═══ The records

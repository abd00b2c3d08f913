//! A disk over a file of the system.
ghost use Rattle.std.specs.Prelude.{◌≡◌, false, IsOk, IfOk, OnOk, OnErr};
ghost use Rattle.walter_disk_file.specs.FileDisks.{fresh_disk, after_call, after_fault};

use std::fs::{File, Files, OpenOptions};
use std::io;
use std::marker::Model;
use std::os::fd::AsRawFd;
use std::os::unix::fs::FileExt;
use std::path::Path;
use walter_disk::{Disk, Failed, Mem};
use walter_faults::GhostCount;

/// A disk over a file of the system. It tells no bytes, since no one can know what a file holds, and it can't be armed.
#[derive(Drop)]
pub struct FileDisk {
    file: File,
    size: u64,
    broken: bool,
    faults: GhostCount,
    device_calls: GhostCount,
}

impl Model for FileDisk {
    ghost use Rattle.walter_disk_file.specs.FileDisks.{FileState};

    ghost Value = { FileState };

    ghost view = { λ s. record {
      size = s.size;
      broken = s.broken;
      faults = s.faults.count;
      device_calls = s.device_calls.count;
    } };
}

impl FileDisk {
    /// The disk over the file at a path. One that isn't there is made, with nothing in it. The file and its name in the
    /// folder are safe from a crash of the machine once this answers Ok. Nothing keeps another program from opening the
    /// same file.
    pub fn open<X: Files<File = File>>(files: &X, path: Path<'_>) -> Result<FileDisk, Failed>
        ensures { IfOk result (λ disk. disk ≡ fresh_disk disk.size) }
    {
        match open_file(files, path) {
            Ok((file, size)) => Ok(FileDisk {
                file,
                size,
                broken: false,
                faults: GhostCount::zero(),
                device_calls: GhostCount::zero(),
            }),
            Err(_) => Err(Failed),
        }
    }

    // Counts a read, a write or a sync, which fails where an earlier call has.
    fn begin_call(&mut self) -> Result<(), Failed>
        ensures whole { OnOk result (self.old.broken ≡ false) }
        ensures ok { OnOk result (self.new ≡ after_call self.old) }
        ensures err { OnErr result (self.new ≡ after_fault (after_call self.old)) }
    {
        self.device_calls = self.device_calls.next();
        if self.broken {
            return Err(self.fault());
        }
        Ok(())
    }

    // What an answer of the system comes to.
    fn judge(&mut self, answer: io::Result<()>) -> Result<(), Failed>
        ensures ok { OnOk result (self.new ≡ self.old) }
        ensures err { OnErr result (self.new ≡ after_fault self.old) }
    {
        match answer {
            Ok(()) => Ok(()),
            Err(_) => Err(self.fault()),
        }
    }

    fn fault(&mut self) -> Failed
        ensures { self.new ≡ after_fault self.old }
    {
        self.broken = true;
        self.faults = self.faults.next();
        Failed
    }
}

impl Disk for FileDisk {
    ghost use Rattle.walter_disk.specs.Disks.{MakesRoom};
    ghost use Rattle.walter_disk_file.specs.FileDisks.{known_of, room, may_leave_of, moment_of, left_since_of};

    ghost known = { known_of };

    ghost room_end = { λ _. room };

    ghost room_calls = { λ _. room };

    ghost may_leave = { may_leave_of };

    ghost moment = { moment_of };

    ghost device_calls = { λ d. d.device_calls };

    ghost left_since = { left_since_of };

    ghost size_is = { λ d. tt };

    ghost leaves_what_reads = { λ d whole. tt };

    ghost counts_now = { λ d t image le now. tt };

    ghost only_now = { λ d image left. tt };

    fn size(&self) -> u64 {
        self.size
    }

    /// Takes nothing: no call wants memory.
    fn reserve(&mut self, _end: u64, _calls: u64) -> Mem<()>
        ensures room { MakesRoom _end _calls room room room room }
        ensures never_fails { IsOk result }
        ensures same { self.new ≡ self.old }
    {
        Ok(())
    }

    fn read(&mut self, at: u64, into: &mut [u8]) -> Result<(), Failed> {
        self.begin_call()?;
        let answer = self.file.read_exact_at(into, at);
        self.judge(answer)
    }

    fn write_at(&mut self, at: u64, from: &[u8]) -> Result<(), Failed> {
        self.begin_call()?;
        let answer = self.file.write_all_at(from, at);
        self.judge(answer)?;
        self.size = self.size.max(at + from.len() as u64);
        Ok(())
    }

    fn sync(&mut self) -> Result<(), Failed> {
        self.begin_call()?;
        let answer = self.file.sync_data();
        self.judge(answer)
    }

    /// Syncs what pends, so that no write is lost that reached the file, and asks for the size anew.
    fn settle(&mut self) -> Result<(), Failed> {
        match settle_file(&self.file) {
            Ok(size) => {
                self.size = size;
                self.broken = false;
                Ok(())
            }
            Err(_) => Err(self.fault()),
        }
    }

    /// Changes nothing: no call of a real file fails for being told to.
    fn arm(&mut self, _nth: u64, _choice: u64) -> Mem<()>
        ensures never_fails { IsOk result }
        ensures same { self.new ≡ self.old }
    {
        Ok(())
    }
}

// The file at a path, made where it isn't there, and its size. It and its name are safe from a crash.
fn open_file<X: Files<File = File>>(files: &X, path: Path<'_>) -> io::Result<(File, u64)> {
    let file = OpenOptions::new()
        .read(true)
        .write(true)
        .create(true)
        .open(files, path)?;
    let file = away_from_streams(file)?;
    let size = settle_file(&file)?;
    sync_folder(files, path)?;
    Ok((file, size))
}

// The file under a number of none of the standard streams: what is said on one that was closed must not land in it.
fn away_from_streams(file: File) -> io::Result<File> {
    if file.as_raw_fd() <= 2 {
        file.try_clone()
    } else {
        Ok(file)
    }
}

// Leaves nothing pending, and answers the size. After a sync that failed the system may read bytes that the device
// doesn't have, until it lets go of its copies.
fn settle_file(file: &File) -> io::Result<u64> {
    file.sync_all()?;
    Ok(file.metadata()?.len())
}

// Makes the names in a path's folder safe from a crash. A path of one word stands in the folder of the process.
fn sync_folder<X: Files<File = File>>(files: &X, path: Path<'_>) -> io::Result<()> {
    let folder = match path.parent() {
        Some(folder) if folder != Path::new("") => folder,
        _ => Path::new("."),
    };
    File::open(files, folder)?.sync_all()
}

══════

Problem requirements
Above are the records; copy all of them exactly.

Written reply
repository abd00b2c3d08f913
//! A disk over a file of the system.
ghost use Rattle.std.specs.Prelude.{◌≡◌, false, IsOk, IfOk, OnOk, OnErr};
ghost use Rattle.walter_disk_file.specs.FileDisks.{fresh_disk, after_call, after_fault};

use std::fs::{File, Files, OpenOptions};
use std::io;
use std::marker::Model;
use std::os::fd::AsRawFd;
use std::os::unix::fs::FileExt;
use std::path::Path;
use walter_disk::{Disk, Failed, Mem};
use walter_faults::GhostCount;

/// A disk over a file of the system. It tells no bytes, since no one can know what a file holds, and it can't be armed.
#[derive(Drop)]
pub struct FileDisk {
    file: File,
    size: u64,
    broken: bool,
    faults: GhostCount,
    device_calls: GhostCount,
}

impl Model for FileDisk {
    ghost use Rattle.walter_disk_file.specs.FileDisks.{FileState};

    ghost Value = { FileState };

    ghost view = { λ s. record {
      size = s.size;
      broken = s.broken;
      faults = s.faults.count;
      device_calls = s.device_calls.count;
    } };
}

impl FileDisk {
    /// The disk over the file at a path. One that isn't there is made, with nothing in it. The file and its name in the
    /// folder are safe from a crash of the machine once this answers Ok. Nothing keeps another program from opening the
    /// same file.
    pub fn open<X: Files<File = File>>(files: &X, path: Path<'_>) -> Result<FileDisk, Failed>
        ensures { IfOk result (λ disk. disk ≡ fresh_disk disk.size) }
    {
        match open_file(files, path) {
            Ok((file, size)) => Ok(FileDisk {
                file,
                size,
                broken: false,
                faults: GhostCount::zero(),
                device_calls: GhostCount::zero(),
            }),
            Err(_) => Err(Failed),
        }
    }

    // Counts a read, a write or a sync, which fails where an earlier call has.
    fn begin_call(&mut self) -> Result<(), Failed>
        ensures whole { OnOk result (self.old.broken ≡ false) }
        ensures ok { OnOk result (self.new ≡ after_call self.old) }
        ensures err { OnErr result (self.new ≡ after_fault (after_call self.old)) }
    {
        self.device_calls = self.device_calls.next();
        if self.broken {
            return Err(self.fault());
        }
        Ok(())
    }

    // What an answer of the system comes to.
    fn judge(&mut self, answer: io::Result<()>) -> Result<(), Failed>
        ensures ok { OnOk result (self.new ≡ self.old) }
        ensures err { OnErr result (self.new ≡ after_fault self.old) }
    {
        match answer {
            Ok(()) => Ok(()),
            Err(_) => Err(self.fault()),
        }
    }

    fn fault(&mut self) -> Failed
        ensures { self.new ≡ after_fault self.old }
    {
        self.broken = true;
        self.faults = self.faults.next();
        Failed
    }
}

impl Disk for FileDisk {
    ghost use Rattle.walter_disk.specs.Disks.{MakesRoom};
    ghost use Rattle.walter_disk_file.specs.FileDisks.{known_of, room, may_leave_of, moment_of, left_since_of};

    ghost known = { known_of };

    ghost room_end = { λ _. room };

    ghost room_calls = { λ _. room };

    ghost may_leave = { may_leave_of };

    ghost moment = { moment_of };

    ghost device_calls = { λ d. d.device_calls };

    ghost left_since = { left_since_of };

    ghost size_is = { λ d. tt };

    ghost leaves_what_reads = { λ d whole. tt };

    ghost counts_now = { λ d t image le now. tt };

    ghost only_now = { λ d image left. tt };

    fn size(&self) -> u64 {
        self.size
    }

    /// Takes nothing: no call wants memory.
    fn reserve(&mut self, _end: u64, _calls: u64) -> Mem<()>
        ensures room { MakesRoom _end _calls room room room room }
        ensures never_fails { IsOk result }
        ensures same { self.new ≡ self.old }
    {
        Ok(())
    }

    fn read(&mut self, at: u64, into: &mut [u8]) -> Result<(), Failed> {
        self.begin_call()?;
        let answer = self.file.read_exact_at(into, at);
        self.judge(answer)
    }

    fn write_at(&mut self, at: u64, from: &[u8]) -> Result<(), Failed> {
        self.begin_call()?;
        let answer = self.file.write_all_at(from, at);
        self.judge(answer)?;
        self.size = self.size.max(at + from.len() as u64);
        Ok(())
    }

    fn sync(&mut self) -> Result<(), Failed> {
        self.begin_call()?;
        let answer = self.file.sync_data();
        self.judge(answer)
    }

    /// Syncs what pends, so that no write is lost that reached the file, and asks for the size anew.
    fn settle(&mut self) -> Result<(), Failed> {
        match settle_file(&self.file) {
            Ok(size) => {
                self.size = size;
                self.broken = false;
                Ok(())
            }
            Err(_) => Err(self.fault()),
        }
    }

    /// Changes nothing: no call of a real file fails for being told to.
    fn arm(&mut self, _nth: u64, _choice: u64) -> Mem<()>
        ensures never_fails { IsOk result }
        ensures same { self.new ≡ self.old }
    {
        Ok(())
    }
}

// The file at a path, made where it isn't there, and its size. It and its name are safe from a crash.
fn open_file<X: Files<File = File>>(files: &X, path: Path<'_>) -> io::Result<(File, u64)> {
    let file = OpenOptions::new()
        .read(true)
        .write(true)
        .create(true)
        .open(files, path)?;
    let file = away_from_streams(file)?;
    let size = settle_file(&file)?;
    sync_folder(files, path)?;
    Ok((file, size))
}

// The file under a number of none of the standard streams: what is said on one that was closed must not land in it.
fn away_from_streams(file: File) -> io::Result<File> {
    if file.as_raw_fd() <= 2 {
        file.try_clone()
    } else {
        Ok(file)
    }
}

// Leaves nothing pending, and answers the size. After a sync that failed the system may read bytes that the device
// doesn't have, until it lets go of its copies.
fn settle_file(file: &File) -> io::Result<u64> {
    file.sync_all()?;
    Ok(file.metadata()?.len())
}

// Makes the names in a path's folder safe from a crash. A path of one word stands in the folder of the process.
fn sync_folder<X: Files<File = File>>(files: &X, path: Path<'_>) -> io::Result<()> {
    let folder = match path.parent() {
        Some(folder) if folder != Path::new("") => folder,
        _ => Path::new("."),
    };
    File::open(files, folder)?.sync_all()
}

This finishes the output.